Al Qaeda threat to murder Pope foiled in London

Scotland Yard arrested five Algerian men at dawn Friday, Sept. 17 following intelligence of a potential terrorist threat to Pope Benedict XVI during his visit to London. The Counter-Terror Command ordered the arrests at business premises in central London and homes in Muslim areas of East and North London where searches continue. The five suspects aged from 26 to 50 are not British nationals and were employed by a private street cleaning service. They are suspected of "the commission, preparation or instigation of acts of terrorism Act 2000. A papal spokesman said the pontiff was calm and his UK schedule would remain unchanged.
No further information is available from official sources in London. The reports indicate that the five Algerians reached their London rendezvous overnight to prepare for their operation – apparently to assassinate the pope. There, they may have been given their weapons or explosives. The UK Counter-Terror Command appears to have acted in the nick of time to prevent the attack shortly after receiving intelligence.
After the arrests the security arrangements for his visit were reviewed, particularly with regard to crowd access and his continued use of the Popemobile which is bulletproof. English and Scottish police spent months planning the security arrangements for the pope's visit, including safe transport and crowd control.

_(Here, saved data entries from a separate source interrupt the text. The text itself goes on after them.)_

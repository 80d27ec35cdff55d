//! Rows of raw bytes.

ghost use Rattle.std.specs.Prelude.{◌≡◌, ◌+◌, ◌*◌, ◌^◌, ◌<◌, ◌≤◌, IfOk, false, length, take};
ghost use Rattle.plane_rect.specs.Rectangle.{Includes, area, is_empty, meet, offset};
ghost use Rattle.patch_abyss.specs.Copied.{AreRows, HasPart, HasRows, HaveRoom, bytes_of, row_byte};
ghost use Rattle.model_images.specs.FromRaw.{AreBytes};

use plane_rect::Rect;
use std::alloc::{AllocError, Global};
use std::ops::Range;
use std::simd::prelude::*;

/// From how many bytes on a row is long: copied faster by a call than block by block.
pub(crate) const LONG_ROW: usize = 256;

/// Rows of bytes that begin equally far apart.
#[derive(Clone, Copy)]
pub(crate) struct Rows {
    /// Where the first one begins.
    pub start: usize,
    /// How far it is from the beginning of a row to that of the next one, in bytes.
    pub stride: usize,
}

impl Rows {
    /// Returns the rows that begin there and so far apart.
    pub fn new(start: usize, stride: usize) -> Rows
        ensures { result ≡ record { start = start; stride = stride } }
    {
        Rows { start, stride }
    }

    /// Returns the rows of a part of a rectangle, of pixels of so many bytes.
    pub fn of_part(rect: &Rect, part: &Rect, pixel: usize) -> Rows
        requires part { Includes rect.now part.now }
        requires some { false ≡ is_empty part.now }
        requires pixel { pixel ≤ 16 }
        ensures start { result.start ≡ offset rect.now part.now.first_column part.now.first_row * pixel }
        ensures stride { result.stride ≡ rect.now.width * pixel }
    {
        Rows {
            start: rect.offset(part.first_column(), part.first_row()) * pixel,
            stride: rect.w as usize * pixel,
        }
    }

    /// Returns the indices of a row of so many bytes.
    #[inline(always)]
    pub fn row(self, row: usize, count: usize) -> Range<usize>
        requires { row_byte self row count < 2 ^ 64 }
        ensures start { result.start ≡ row_byte self row 0 }
        ensures end { result.end ≡ row_byte self row count }
    {
        let start = self.start + row * self.stride;
        start..start + count
    }
}

/// Copies the positions that are in both rectangles, of pixels of so many bytes.
pub(crate) fn copy_meet(to: &mut [u8], to_rect: &Rect, from: &[u8], from_rect: &Rect, pixel: usize)
    requires pixel { pixel ≤ 16 }
    requires to { length to.old ≡ area to_rect.now * pixel }
    requires from { length from.now ≡ area from_rect.now * pixel }
    ensures len { length to.new ≡ length to.old }
    ensures small { AreBytes to.new }
    ensures part { HasPart to_rect.now from_rect.now (meet to_rect.now from_rect.now) pixel
        from.now to.old to.new }
{
    let part = to_rect.meet(from_rect);
    if part.is_empty() {
        return;
    }
    let targets = Rows::of_part(to_rect, &part, pixel);
    let sources = Rows::of_part(from_rect, &part, pixel);
    let count = part.w as usize * pixel;
    copy_rows(to, targets, from, sources, count, part.h as usize);
}

/// Returns a vector of so many rows of `count` bytes, one after the other. It is not inlined, so
/// that nothing else keeps registers.
#[inline(never)]
pub(crate) fn cut_rows(
    alloc: Global,
    from: &[u8],
    rows: Rows,
    count: usize,
    many: usize,
) -> Result<Vec<u8>, AllocError>
    requires size { many * count < 2 ^ 64 }
    requires from { HaveRoom rows count many from.now }
    ensures { IfOk result (λ cut. AreRows rows count many from.now cut.items) }
{
    let mut bytes = Vec::with_capacity(alloc, many * count)?;
    for row in 0..many {
        bytes.extend_from_slice(&from[rows.row(row, count)])?;
    }
    Ok(bytes)
}

/// Copies so many rows of `count` bytes, long ones each by a call.
pub(crate) fn copy_rows(
    to: &mut [u8],
    targets: Rows,
    from: &[u8],
    sources: Rows,
    count: usize,
    many: usize,
)
    requires apart { count ≤ targets.stride }
    requires to { HaveRoom targets count many to.old }
    requires from { HaveRoom sources count many from.now }
    ensures len { length to.new ≡ length to.old }
    ensures rows { HasRows targets count many (bytes_of sources from.now) to.old to.new }
{
    match count {
        0 => {}
        1..4 => copy_short_rows::<1>(to, targets, from, sources, count, many),
        4..16 => copy_short_rows::<4>(to, targets, from, sources, count, many),
        16..64 => copy_short_rows::<16>(to, targets, from, sources, count, many),
        64..LONG_ROW => copy_short_rows::<64>(to, targets, from, sources, count, many),
        _ => {
            for row in 0..many {
                to[targets.row(row, count)].copy_from_slice(&from[sources.row(row, count)]);
            }
        }
    }
}

/// Copies rows in blocks of `N` bytes. It is not inlined, so that nothing else keeps registers.
#[inline(never)]
fn copy_short_rows<const N: usize>(
    to: &mut [u8],
    targets: Rows,
    from: &[u8],
    sources: Rows,
    count: usize,
    many: usize,
)
    requires some { 0 < N }
    requires long { N ≤ count }
    requires apart { count ≤ targets.stride }
    requires to { HaveRoom targets count many to.old }
    requires from { HaveRoom sources count many from.now }
    ensures len { length to.new ≡ length to.old }
    ensures rows { HasRows targets count many (bytes_of sources from.now) to.old to.new }
{
    for row in 0..many {
        copy_blocks::<N>(
            &mut to[targets.row(row, count)],
            &from[sources.row(row, count)],
        );
    }
}

/// Copies a row in blocks of `N` bytes, the last of which may overlap the one before it.
#[inline(always)]
fn copy_blocks<const N: usize>(to: &mut [u8], from: &[u8])
    requires same { length to.old ≡ length from.now }
    requires some { 0 < N }
    requires long { N ≤ length from.now }
    ensures { to.new ≡ from.now }
{
    let last = from.len() - N;
    let mut start = 0;
    while start < last {
        copy_block::<N>(to, from, start);
        start += N;
    }
    copy_block::<N>(to, from, last);
}

/// Copies `N` bytes from an index on, where those before it are copied.
#[inline(always)]
fn copy_block<const N: usize>(to: &mut [u8], from: &[u8], start: usize)
    requires same { length to.old ≡ length from.now }
    requires room { start + N ≤ length from.now }
    requires copied { take start to.old ≡ take start from.now }
    ensures len { length to.new ≡ length to.old }
    ensures copied { take (start + N) to.new ≡ take (start + N) from.now }
{
    Simd::<u8, N>::from_slice(&from[start..]).copy_to_slice(&mut to[start..]);
}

The Pope spent the day visiting Catholic schools in London and is scheduled to address two houses of parliament later Friday.
Security controls and heavily armed guards patrol the streets around Westminster, Buckingham Palace, 10 Downing Street and Whitehall.
Earlier Friday, Jonathan Evans, head of MI5, the British domestic security service, warned that the UK faces a wave of terrorist attacks from a new generation of al Qaeda and Irish Republican militants.

In his first public speech in three years, he said it is only "a matter of time" before Britain is the victim of an attack from extremists based in Somalia. After briefing the British premier David Cameron, the MI5 chief said there remains "a serious risk of a lethal attack taking place."

He called for anti-terror controls and measures to be kept in place as he had "no reason to believe the position would significantly improve in the immediate future."